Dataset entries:
※

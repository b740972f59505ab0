use super::*;
use std::alloc::Global;
use std::test::Fail;
use table_model::{Message, UnsubscribeTable};

/// The frame of an `unsubscribeTable` of client 1, token 0, table 2.
const UNSUBSCRIBE: [u8; 21] = [
    0, 0, 0, 17, 5, 0, 0, 0, 1, 0, 0, 0, 0, 0, 0, 0, 0, 0, 0, 0, 2,
];

#[test]
fn a_message_is_put_into_its_frame(rt: HostRuntime) -> Result<(), Fail> {
    let message = Message::UnsubscribeTable(UnsubscribeTable {
        client: 1,
        token: 0,
        table: 2,
    });
    let frame = frame_of(rt.alloc(), &message)?;
    assert_eq!(rt; frame.as_slice(), UNSUBSCRIBE.as_slice());
    Ok(())
}

fn fault(alloc: Global, bytes: &[u8]) -> Option<FrameError> {
    message_in(alloc, bytes).err()
}

#[test]
fn a_frame_gives_its_message(rt: HostRuntime) -> Result<(), Fail> {
    let read = match message_in(rt.alloc(), &UNSUBSCRIBE)? {
        Message::UnsubscribeTable(read) => Some(read),
        _ => None,
    };
    let expected = UnsubscribeTable {
        client: 1,
        token: 0,
        table: 2,
    };
    assert_eq!(rt; read, Some(expected));
    Ok(())
}

#[test]
fn other_bytes_give_none(rt: HostRuntime) {
    for end in 0..UNSUBSCRIBE.len() {
        assert_eq!(rt;
            fault(rt.alloc(), &UNSUBSCRIBE[..end]),
            Some(FrameError::NoMessage)
        );
    }
    let mut behind = [0; 22];
    behind[..21].copy_from_slice(&UNSUBSCRIBE);
    assert_eq!(rt; fault(rt.alloc(), &behind), Some(FrameError::NoMessage));
    // no kind 18; a kind with another body; a length of 0
    assert_eq!(rt;
        fault(rt.alloc(), &[0, 0, 0, 1, 18]),
        Some(FrameError::NoMessage)
    );
    assert_eq!(rt;
        fault(rt.alloc(), &[0, 0, 0, 1, 5]),
        Some(FrameError::NoMessage)
    );
    assert_eq!(rt;
        fault(rt.alloc(), &[0, 0, 0, 0, 5]),
        Some(FrameError::NoMessage)
    );
}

※

Above are the entries; return each one exactly.

repository b740972f59505ab0
use super::*;
use std::alloc::Global;
use std::test::Fail;
use table_model::{Message, UnsubscribeTable};

/// The frame of an `unsubscribeTable` of client 1, token 0, table 2.
const UNSUBSCRIBE: [u8; 21] = [
    0, 0, 0, 17, 5, 0, 0, 0, 1, 0, 0, 0, 0, 0, 0, 0, 0, 0, 0, 0, 2,
];

#[test]
fn a_message_is_put_into_its_frame(rt: HostRuntime) -> Result<(), Fail> {
    let message = Message::UnsubscribeTable(UnsubscribeTable {
        client: 1,
        token: 0,
        table: 2,
    });
    let frame = frame_of(rt.alloc(), &message)?;
    assert_eq!(rt; frame.as_slice(), UNSUBSCRIBE.as_slice());
    Ok(())
}

fn fault(alloc: Global, bytes: &[u8]) -> Option<FrameError> {
    message_in(alloc, bytes).err()
}

#[test]
fn a_frame_gives_its_message(rt: HostRuntime) -> Result<(), Fail> {
    let read = match message_in(rt.alloc(), &UNSUBSCRIBE)? {
        Message::UnsubscribeTable(read) => Some(read),
        _ => None,
    };
    let expected = UnsubscribeTable {
        client: 1,
        token: 0,
        table: 2,
    };
    assert_eq!(rt; read, Some(expected));
    Ok(())
}

#[test]
fn other_bytes_give_none(rt: HostRuntime) {
    for end in 0..UNSUBSCRIBE.len() {
        assert_eq!(rt;
            fault(rt.alloc(), &UNSUBSCRIBE[..end]),
            Some(FrameError::NoMessage)
        );
    }
    let mut behind = [0; 22];
    behind[..21].copy_from_slice(&UNSUBSCRIBE);
    assert_eq!(rt; fault(rt.alloc(), &behind), Some(FrameError::NoMessage));
    // no kind 18; a kind with another body; a length of 0
    assert_eq!(rt;
        fault(rt.alloc(), &[0, 0, 0, 1, 18]),
        Some(FrameError::NoMessage)
    );
    assert_eq!(rt;
        fault(rt.alloc(), &[0, 0, 0, 1, 5]),
        Some(FrameError::NoMessage)
    );
    assert_eq!(rt;
        fault(rt.alloc(), &[0, 0, 0, 0, 5]),
        Some(FrameError::NoMessage)
    );
}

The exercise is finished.